Just seven procedures account for most of the costs and complications of emergency surgeries in the U.S. each year, according to a study in The Journal of the American Medical Association April 27.

UConn Health’s surgeon-in-chief Dr. David McFadden is not surprised. These seven procedures are some of the most common, including gallbladder and appendix removal, and it makes sense that the most common surgeries are also responsible for most of the costs. And since UConn Health is on a constant quest to provide the best care possible, the surgery department was already working on some of the issues discussed in the study.

Just seven procedures account for most of the costs and complications of emergency surgeries in the U.S. each year.

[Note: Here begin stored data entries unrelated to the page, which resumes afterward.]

//! The walk over the trail from its end: where the clause has the opposite of the literal at a place, it is resolved
//! with that literal's reason. Above level 0 the walk ends once the clause has one literal of the current level (the
//! implication point of Marques-Silva and Sakallah), which is so at the latest at the level's decision; at level 0 it
//! ends at the trail's beginning, with an empty clause. No literal of a lower level is resolved on.

ghost use Rattle.std.specs.Prelude.{ℕ, ◌≡◌, ◌≢◌, ◌<◌, ◌^◌, ◌+◌, [], IfOk, OnOk, None, true, false, length, take, slice_index_or, is_some};
ghost use Rattle.pb_rules.specs.Partial.{InConflict};
ghost use Rattle.constraint_store.specs.Live.{constraint_of};
ghost use Rattle.trail_state.specs.Trail.{Entry, value_in, level_of};
ghost use Rattle.conflict_graph.specs.Conditions.{IsUsable, AllForced, HasCurrent};
ghost use Rattle.conflict_graph.specs.Learning.{signs, Learning, Learnt, HasLevels};

use crate::marks::{drop_literal, mark};
use crate::reasons::{explain, explain_reason};
use bumpalo::Bump;
use constraint_store::Store;
use pb_constraints::ConId;
use pb_rules::Op;
use std::alloc::AllocError;
use trail_state::Trail;

/// Resolves the clause with the reason of the literal at a place.
fn resolve(
    trail: &Trail,
    store: &Store,
    levels: &[u64],
    place: usize,
    clause: &mut [Option<bool>],
    count: u64,
    ops: &mut Vec<Op, &Bump>,
) -> Result<u64, AllocError>
    requires levels { HasLevels trail.now.entries trail.now.variables levels.now }
    requires clause_length { length clause.old ≡ trail.now.variables }
    requires few { trail.now.variables < 2 ^ 62 }
    requires place { place < length trail.now.entries }
    requires marked { (d : Entry) → is_some (signs clause.old (slice_index_or trail.now.entries place d).lit.var) ≡ true }
    requires two { 0 < level_of trail.now.entries → 1 < count }
    requires forced { AllForced store.now trail.now.variables trail.now.entries }
    requires learning { Learning store.now trail.now.entries trail.now.variables (place + 1) (signs clause.old) count ops.old.items }
    ensures { IfOk result (λ k. Learning store.now trail.now.entries trail.now.variables place (signs clause.new) k ops.new.items) }
{
    let _assigned = trail.assigned();
    let lit = trail.literals()[place];
    match trail.reason(lit.var()) {
        None => unreachable!(),
        Some(reason) => {
            explain_reason(trail, place, store, reason, lit, ops)?;
            let rest = drop_literal(trail, levels, lit, clause, count);
            Ok(mark(trail, store, reason, place, levels, clause, rest))
        }
    }
}

/// Takes back one place of the trail, and resolves on its literal where the clause has the opposite.
fn step_back(
    trail: &Trail,
    store: &Store,
    levels: &[u64],
    place: usize,
    clause: &mut [Option<bool>],
    count: u64,
    ops: &mut Vec<Op, &Bump>,
) -> Result<u64, AllocError>
    requires levels { HasLevels trail.now.entries trail.now.variables levels.now }
    requires clause_length { length clause.old ≡ trail.now.variables }
    requires few { trail.now.variables < 2 ^ 62 }
    requires place { place < length trail.now.entries }
    requires two { 0 < level_of trail.now.entries → 1 < count }
    requires forced { AllForced store.now trail.now.variables trail.now.entries }
    requires learning { Learning store.now trail.now.entries trail.now.variables (place + 1) (signs clause.old) count ops.old.items }
    ensures { IfOk result (λ k. Learning store.now trail.now.entries trail.now.variables place (signs clause.new) k ops.new.items) }
{
    let _assigned = trail.assigned();
    let lit = trail.literals()[place];
    let var = lit.var() as usize;
    if clause[var].is_none() {
        return Ok(count);
    }
    resolve(trail, store, levels, place, clause, count, ops)
}

/// Whether an analysis goes on: at level 0 to the end, else until one literal of the current level is left.
fn goes_on(level: u64, count: u64) -> bool
    ensures on { result ≡ true → 0 < level → count ≢ 1 }
    ensures off { result ≡ false → (0 < level) × (count ≡ 1) }
{
    level == 0 || count != 1
}

/// Resolves a conflict with the reasons of its literals, from the trail's end on.
pub fn take_apart(
    trail: &Trail,
    store: &Store,
    conflict: ConId,
    levels: &[u64],
    clause: &mut [Option<bool>],
    ops: &mut Vec<Op, &Bump>,
) -> Result<(), AllocError>
    requires levels { HasLevels trail.now.entries trail.now.variables levels.now }
    requires clause_length { length clause.old ≡ trail.now.variables }
    requires few { trail.now.variables < 2 ^ 62 }
    requires nothing { (x : ℕ) → signs clause.old x ≡ None }
    requires no_ops { ops.old.items ≡ [] }
    requires usable { IsUsable store.now trail.now.variables conflict }
    requires conflict { InConflict (value_in trail.now.entries) (constraint_of store.now conflict) }
    requires current { 0 < level_of trail.now.entries → HasCurrent trail.now.entries (constraint_of store.now conflict).terms }
    requires forced { AllForced store.now trail.now.variables trail.now.entries }
    ensures { OnOk result (Learnt store.now trail.now.entries trail.now.variables (signs clause.new) ops.new.items) }
{
    let mut place = trail.literals().len();
    explain(trail, place, &None, store, conflict, ops)?;
    let mut count = mark(trail, store, conflict, place, levels, clause, 0);
    let level = trail.level();
    while place > 0 {
        if !goes_on(level, count) {
            return Ok(());
        }
        place -= 1;
        count = step_back(trail, store, levels, place, clause, count, ops)?;
    }
    Ok(())
}
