//! The line of `make`.

ghost use Rattle.std.specs.Prelude.{◌≡◌, ◌++◌, IfOk, OnOk, map, option_map, string_bytes};
ghost use Rattle.form_words.specs.Reads.{Reads};
ghost use Rattle.form_words.specs.Table.{form_of};
ghost use Rattle.run_words.specs.Making.{make_numbered, make_request, make_table, make_usage, make_with, rounds_if_given};
ghost use Rattle.run_words.specs.Values.{make, request_value};

use crate::names::is_file;
use crate::numbers::{MOST_ROUNDS, number_from, number_up_to};
use crate::request::Request;
use clap::ArgMatches;
use form_words::read_line;
use std::alloc::{AllocError, Global};

/// The rounds, which may not be given; `None` where their word writes no such number.
fn rounds_if_given(text: Option<&str>) -> Option<Option<u64>>
    ensures { result ≡ rounds_if_given (option_map (λ s. s.now) text.entry) }
{
    match text {
        None => Some(None),
        Some(text) => match number_up_to(MOST_ROUNDS, text) {
            None => None,
            Some(rounds) => Some(Some(rounds)),
        },
    }
}

/// The request of a number and rounds, with the name of the file.
fn make_numbered(
    alloc: Global,
    arch: &str,
    number: Option<u64>,
    rounds: Option<Option<u64>>,
) -> Result<Option<Request>, AllocError>
    ensures { IfOk result (λ r. option_map request_value r ≡ option_map make (make_numbered arch.now number rounds)) }
{
    let Some(number) = number else {
        return Ok(None);
    };
    let Some(rounds) = rounds else {
        return Ok(None);
    };
    if !is_file(arch) {
        return Ok(None);
    }
    let arch = String::from_str(alloc, arch)?;
    Ok(Some(Request::Make {
        number,
        arch,
        rounds,
    }))
}

/// The request of the word at the place and of those of the options.
fn make_with(
    alloc: Global,
    number: Option<&str>,
    arch: Option<&str>,
    rounds: Option<&str>,
) -> Result<Option<Request>, AllocError>
    ensures { IfOk result (λ r. option_map request_value r ≡ option_map make (make_with (option_map (λ s. s.now) number.entry) (option_map (λ s. s.now) arch.entry) (option_map (λ s. s.now) rounds.entry))) }
{
    let Some(number) = number else {
        return Ok(None);
    };
    let Some(arch) = arch else {
        return Ok(None);
    };
    make_numbered(alloc, arch, number_from(0, number), rounds_if_given(rounds))
}

/// What the words give the place and the options, or `None` where they are no line of the table.
fn make_line<'a>(alloc: Global, words: &'a [String]) -> Result<Option<ArgMatches<'a>>, AllocError>
    ensures { IfOk result (Reads (form_of make_table) (map string_bytes words.entry.now)) }
{
    read_line(
        alloc,
        "make",
        &["number"],
        &[("arch", true), ("rounds", false)],
        words,
    )
}

/// The request of the words after `make`.
pub(crate) fn read_make(alloc: Global, words: &[String]) -> Result<Option<Request>, AllocError>
    ensures { IfOk result (λ r. option_map request_value r ≡ option_map make (make_request (map string_bytes words.now))) }
{
    let Some(matches) = make_line(alloc, words)? else {
        return Ok(None);
    };
    make_with(
        alloc,
        matches.get_str("number"),
        matches.get_str("arch"),
        matches.get_str("rounds"),
    )
}

/// Appends the line of usage.
pub(crate) fn put_make_usage(out: &mut Vec<u8>) -> Result<(), AllocError>
    ensures { OnOk result (out.new.items ≡ out.old.items ++ make_usage) }
{
    out.extend_from_slice(b"usage: dse make N --arch FILE [--rounds K]\n")
}
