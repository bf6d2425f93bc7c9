//! The request of a command line.
//!
//! The first word is compared by hand, and the words after it are read by the table of their command, which stands in
//! the command's own module with its line of usage. `specs/` says over words alone which request they are; an option is
//! one more entry of a table.
#![tactic(auto)]

mod check;
mod decode;
mod explore;
mod front;
pub mod laws;
mod make;
mod names;
mod numbers;
mod request;
mod tools;

pub use request::{Request, put_usage, read_words};

#[cfg(test)]
mod tests;
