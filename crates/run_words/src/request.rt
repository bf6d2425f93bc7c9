//! The request of a line, by its first word.

ghost use Rattle.std.specs.Prelude.{◌≡◌, ◌∷◌, ◌++◌, IfOk, OnOk, OnErr, map, option_map, string_bytes};
ghost use Rattle.run_words.specs.Requests.{request, usage_text};
ghost use Rattle.run_words.specs.Values.{request_value};

use crate::check::{put_check_usage, read_check};
use crate::decode::{put_decode_usage, read_decode};
use crate::explore::{put_explore_usage, read_explore};
use crate::front::{put_front_usage, read_front};
use crate::make::{put_make_usage, read_make};
use std::alloc::{AllocError, Global};

/// What a command line asks for.
#[derive(Debug, Drop)]
pub enum Request {
    /// `decode TGFF ARCH GENO [--budget N] [--proof FILE]`: the first valid implementation of a file of task graphs and
    /// tables and an architecture file, in the order of a genotype file, or in the natural order where that is `-`.
    Decode {
        /// The file of task graphs and tables, or `-` for no graphs and no tables.
        tgff: String,
        /// The architecture file.
        arch: String,
        /// The genotype file, or `-`.
        geno: String,
        /// How many lines the search may derive, at least 1, where it is given; it stands only beside a proof file.
        budget: Option<u64>,
        /// The file that the proof is written to, where one is given: none of the others.
        proof_file: Option<String>,
    },
    /// `explore TGFF ARCH --rounds N --seed S [--measure LIST] [--proof FILE]`: an exploration of the specification of
    /// a file of task graphs and tables and an architecture file.
    Explore {
        /// The file of task graphs and tables, or `-` for no graphs and no tables.
        tgff: String,
        /// The architecture file.
        arch: String,
        /// How many rounds there are, at most 65,536.
        rounds: u64,
        /// The number from which the words of the draws are made.
        seed: u64,
        /// The places of the tools that measure, rising; none where no list of tags is given.
        chosen: Vec<usize>,
        /// The file that the proof of all decodings is written to, where one is given: none of the others.
        proof_file: Option<String>,
    },
    /// `front TGFF ARCH --front FILE --proof FILE [--budget N]`: the front of the specification of a file of task graphs
    /// and tables and an architecture file, written to a file, with its proof in another.
    Front {
        /// The file of task graphs and tables, or `-` for no graphs and no tables.
        tgff: String,
        /// The architecture file.
        arch: String,
        /// The file that the front is written to: none of the others.
        front_file: String,
        /// The file that the proof is written to: none of the others.
        proof_file: String,
        /// How many lines the search may derive, at least 1, where it is given.
        budget: Option<u64>,
    },
    /// `check TGFF ARCH FRONT PROOF`: whether a front file is accepted with a proof file for the specification of a
    /// file of task graphs and tables and an architecture file.
    Check {
        /// The file of task graphs and tables, or `-` for no graphs and no tables.
        tgff: String,
        /// The architecture file.
        arch: String,
        /// The front file.
        front_file: String,
        /// The proof file.
        proof_file: String,
    },
    /// `make N --arch FILE [--rounds K]`: the specification that is made from a number, written to a file, and explored
    /// where rounds are given.
    Make {
        /// The number.
        number: u64,
        /// The file that the text of the specification is written to.
        arch: String,
        /// How many rounds it is explored, at most 65,536, where that is given.
        rounds: Option<u64>,
    },
}

/// The request of the words after a first one.
fn read_named(
    alloc: Global,
    name: &str,
    words: &[String],
    tags: &[String],
) -> Result<Option<Request>, AllocError>
    ensures { IfOk result (λ r. option_map request_value r ≡ request (map string_bytes tags.now) (name.now ∷ map string_bytes words.now)) }
{
    if name == "decode" {
        return read_decode(alloc, words);
    }
    if name == "explore" {
        return read_explore(alloc, words, tags);
    }
    if name == "front" {
        return read_front(alloc, words);
    }
    if name == "check" {
        return read_check(alloc, words);
    }
    if name == "make" {
        return read_make(alloc, words);
    }
    Ok(None)
}

/// The request of the words of a command line, without the program's name, or `None` exactly where there is none. A
/// line names tools by their tags, which are handed over in the order of the tools.
pub fn read_words(
    alloc: Global,
    words: &[String],
    tags: &[String],
) -> Result<Option<Request>, AllocError>
    ensures { IfOk result (λ r. option_map request_value r ≡ request (map string_bytes tags.now) (map string_bytes words.now)) }
{
    match words {
        [] => Ok(None),
        [first, rest @ ..] => read_named(alloc, first.as_str(), rest, tags),
    }
}

/// The lines of usage of all commands.
fn usage_of(alloc: Global) -> Result<Vec<u8>, AllocError>
    ensures { IfOk result (λ text. text.items ≡ usage_text) }
{
    let mut text = Vec::new(alloc);
    put_decode_usage(&mut text)?;
    put_explore_usage(&mut text)?;
    put_front_usage(&mut text)?;
    put_check_usage(&mut text)?;
    put_make_usage(&mut text)?;
    Ok(text)
}

/// Appends the lines of usage of all commands.
///
/// Where memory runs out, `out` is as before.
pub fn put_usage(alloc: Global, out: &mut Vec<u8>) -> Result<(), AllocError>
    ensures ok { OnOk result (out.new.items ≡ out.old.items ++ usage_text) }
    ensures err { OnErr result (out.new.items ≡ out.old.items) }
{
    let text = usage_of(alloc)?;
    out.extend_from_slice(&text)
}
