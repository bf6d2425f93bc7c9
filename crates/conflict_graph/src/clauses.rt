//! The end of an analysis: the clause as a constraint, and the level that its other literals leave to jump back to.

ghost use Rattle.std.specs.Prelude.{◌≡◌, ◌≢◌, ◌<◌, ◌≤◌, ◌^◌, ◌⊎◌, All, IfOk, length, true};
ghost use Rattle.pb_rules.specs.Partial.{is_false};
ghost use Rattle.conflict_graph.specs.Clauses.{clause_of};
ghost use Rattle.trail_state.specs.Trail.{value_in};
ghost use Rattle.conflict_graph.specs.Learned.{IsLevelBelow};
ghost use Rattle.conflict_graph.specs.Learning.{signs, HasLevels};

use pb_constraints::{Constraint, Lit, Term};
use std::alloc::{AllocError, Global};
use trail_state::Trail;

/// A variable's literal.
fn literal(var: u64, yes: bool) -> Lit
    requires { var < 2 ^ 62 }
    ensures { result ≡ record { var = var; yes = yes } }
{
    if yes { Lit::yes(var) } else { Lit::no(var) }
}

/// The clause of these signs.
pub fn clause_from(alloc: Global, clause: &[Option<bool>]) -> Result<Constraint, AllocError>
    requires { length clause.now < 2 ^ 62 }
    ensures { IfOk result (λ c. c ≡ clause_of (length clause.now) (signs clause.now)) }
{
    let mut terms = Vec::new(alloc);
    for x in 0..clause.len() {
        if let Some(yes) = clause[x] {
            terms.push(Term {
                coef: 1,
                lit: literal(x as u64, yes),
            })?;
        }
    }
    Ok(Constraint::of_normal(terms, 1))
}

/// The greatest level of a clause's literals other than the current one, or 0.
pub fn level_below(trail: &Trail, levels: &[u64], clause: &Constraint) -> u64
    requires levels { HasLevels trail.now.entries trail.now.variables levels.now }
    requires false_all { All (λ t. is_false (value_in trail.now.entries) t.lit ≡ true) clause.now.terms }
    ensures { IsLevelBelow trail.now.entries clause.now.terms result }
{
    let _assigned = trail.assigned();
    let current = trail.level();
    let mut back = 0u64;
    for t in clause.terms() {
        back = greater_below(levels[t.lit.var() as usize], current, back);
    }
    back
}

/// The greater of two levels, where the first one is not the current level.
fn greater_below(level: u64, current: u64, back: u64) -> u64
    ensures kept { back ≤ result }
    ensures above { level ≢ current → level ≤ result }
    ensures either { (result ≡ back) ⊎ ((result ≡ level) × (level ≢ current)) }
{
    if level != current && level > back {
        level
    } else {
        back
    }
}
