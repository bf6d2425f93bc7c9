//! How a constraint is made a clause of its false literals: weakened on each variable whose literal is not false, then
//! saturated, then divided by its degree, rounded up. The constraint is in conflict, so a degree of at least 1 is left,
//! saturation leaves no coefficient above it, and the division makes each coefficient and the degree 1. A saturation or
//! division that would change nothing isn't written, so that a clause is named by its id alone.
//!
//! A reason is handled as a conflict: the literal that it forced is taken as false where its operations are written. Of
//! the trail only what stands before that literal counts, which the trail answers by places; no value is copied. The
//! clause of a reason is then resolved with the one so far by a sum and a saturation.

ghost use Rattle.std.specs.Prelude.{◌≡◌, ◌<◌, ◌++◌, ◌∷◌, [], OnOk, Option, None, true, take};
ghost use Rattle.pb_rules.specs.Linear.{IsNormal};
ghost use Rattle.pb_rules.specs.Partial.{InConflict, is_false, flipped};
ghost use Rattle.conflict_graph.specs.Clauses.{clause_ops, finishing};
ghost use Rattle.constraint_store.specs.Live.{is_live, constraint_of, proof_id_of};
ghost use Rattle.conflict_graph.specs.Learning.{seen};
ghost use Rattle.trail_state.specs.Trail.{value_in};

use bumpalo::Bump;
use constraint_store::Store;
use pb_constraints::{ConId, Lit};
use pb_rules::Op;
use std::alloc::AllocError;
use trail_state::Trail;

/// Whether a literal is false before a place of the trail.
pub fn is_false(trail: &Trail, place: usize, lit: Lit) -> bool
    ensures { result ≡ is_false (value_in (take place trail.now.entries)) lit }
{
    match trail.value_before(lit.var(), place) {
        None => false,
        Some(value) => value != lit.is_yes(),
    }
}

/// The same where one more literal is taken as false.
fn is_false_with(trail: &Trail, place: usize, made: &Option<Lit>, lit: Lit) -> bool
    ensures { result ≡ is_false (seen trail.now.entries place made.now) lit }
{
    match made {
        Some(other) if other.var() == lit.var() => other.is_yes() == lit.is_yes(),
        _ => is_false(trail, place, lit),
    }
}

/// Writes the saturation and the division of a constraint with this greatest coefficient, each where it changes something.
fn finish(degree: u64, greatest: u64, ops: &mut Vec<Op, &Bump>) -> Result<(), AllocError>
    ensures { OnOk result (ops.new.items ≡ ops.old.items ++ finishing degree greatest) }
{
    if degree < greatest {
        ops.push(Op::Saturate)?;
    }
    if degree > 1 {
        ops.push(Op::Divide(degree))?;
    }
    Ok(())
}

/// Writes the operations that make the clause of a constraint's false literals, before a place of the trail and with one
/// more literal taken as false where there is one.
pub fn explain(
    trail: &Trail,
    place: usize,
    made: &Option<Lit>,
    store: &Store,
    c: ConId,
    ops: &mut Vec<Op, &Bump>,
) -> Result<(), AllocError>
    requires live { is_live store.now c ≡ true }
    requires conflict { InConflict (seen trail.now.entries place made.now) (constraint_of store.now c) }
    ensures written { OnOk result (ops.new.items ≡ ops.old.items ++ clause_ops (proof_id_of store.now c) (seen trail.now.entries place made.now) (constraint_of store.now c)) }
    ensures normal { IsNormal (constraint_of store.now c).terms (constraint_of store.now c).degree }
{
    let terms = store.terms(c);
    ops.push(Op::Id(store.proof_id(c)))?;
    let mut room = 0u64;
    let mut greatest = 0u64;
    for t in terms {
        if is_false_with(trail, place, made, t.lit) {
            greatest = greatest.max(t.coef);
        } else {
            ops.push(Op::Weaken(t.lit.var()))?;
            room += t.coef;
        }
    }
    finish(store.degree(c) - room, greatest, ops)
}

/// Writes the operations that resolve a clause with the reason of the literal at a place of the trail.
pub fn explain_reason(
    trail: &Trail,
    place: usize,
    store: &Store,
    c: ConId,
    lit: Lit,
    ops: &mut Vec<Op, &Bump>,
) -> Result<(), AllocError>
    requires live { is_live store.now c ≡ true }
    requires conflict { InConflict (flipped (value_in (take place trail.now.entries)) lit) (constraint_of store.now c) }
    ensures ops { OnOk result (ops.new.items ≡ ops.old.items ++ (clause_ops (proof_id_of store.now c) (flipped (value_in (take place trail.now.entries)) lit) (constraint_of store.now c) ++ Op.Add ∷ Op.Saturate ∷ [])) }
    ensures normal { IsNormal (constraint_of store.now c).terms (constraint_of store.now c).degree }
{
    explain(trail, place, &Some(lit), store, c, ops)?;
    ops.push(Op::Add)?;
    ops.push(Op::Saturate)?;
    Ok(())
}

For example, UConn Health participates in the National Surgical Quality Improvement Project (NSQIP), a service that tracks surgical complications such as infections, strokes and heart attacks, and alerts the surgeons to patterns. Catheter-associated urinary tract infections are one such common complication that happens in hospitals across the country. UConn Health surgeons decided that they would no longer accept that.

“We have started a focused, all-out war on catheter-associated urinary tract infections,” says Dr. Stephen Lahey, chief of the Department of Cardiothoracic Surgery and vice chair of quality improvement in the Department of Surgery. The NSQIP data has shown that there are subsets of patients who are much more likely to get urinary tract infections. The surgery department now focuses on those patients and has significantly reduced this type of infection. Reducing post-operative pneumonia in vulnerable populations is the department’s next project, Lahey says.

UConn Health’s work in this area is part of a national focus on improved population health care that stems from the passage of the Affordable Care Act, commonly known as Obamacare. Medicare has begun listing surgical complications that should happen rarely or never, and will lower or deny reimbursement to hospitals where they commonly occur. Private insurers are following suit. This can be a potent incentive for hospitals to support what medical personnel want to do anyway: find and reduce or eliminate the sources of complications.

“While lowering or denying reimbursement for certain patient events such as hospital readmission is a powerful incentive for hospitals to minimize their occurrence, we must never lose sight of the primary reason we do this — providing the best and most appropriate care to our patients,” Lahey says.

The main goal, he says, is “to alleviate suffering and improve the health of the population we serve. If we do that well, the finances will take care of themselves.”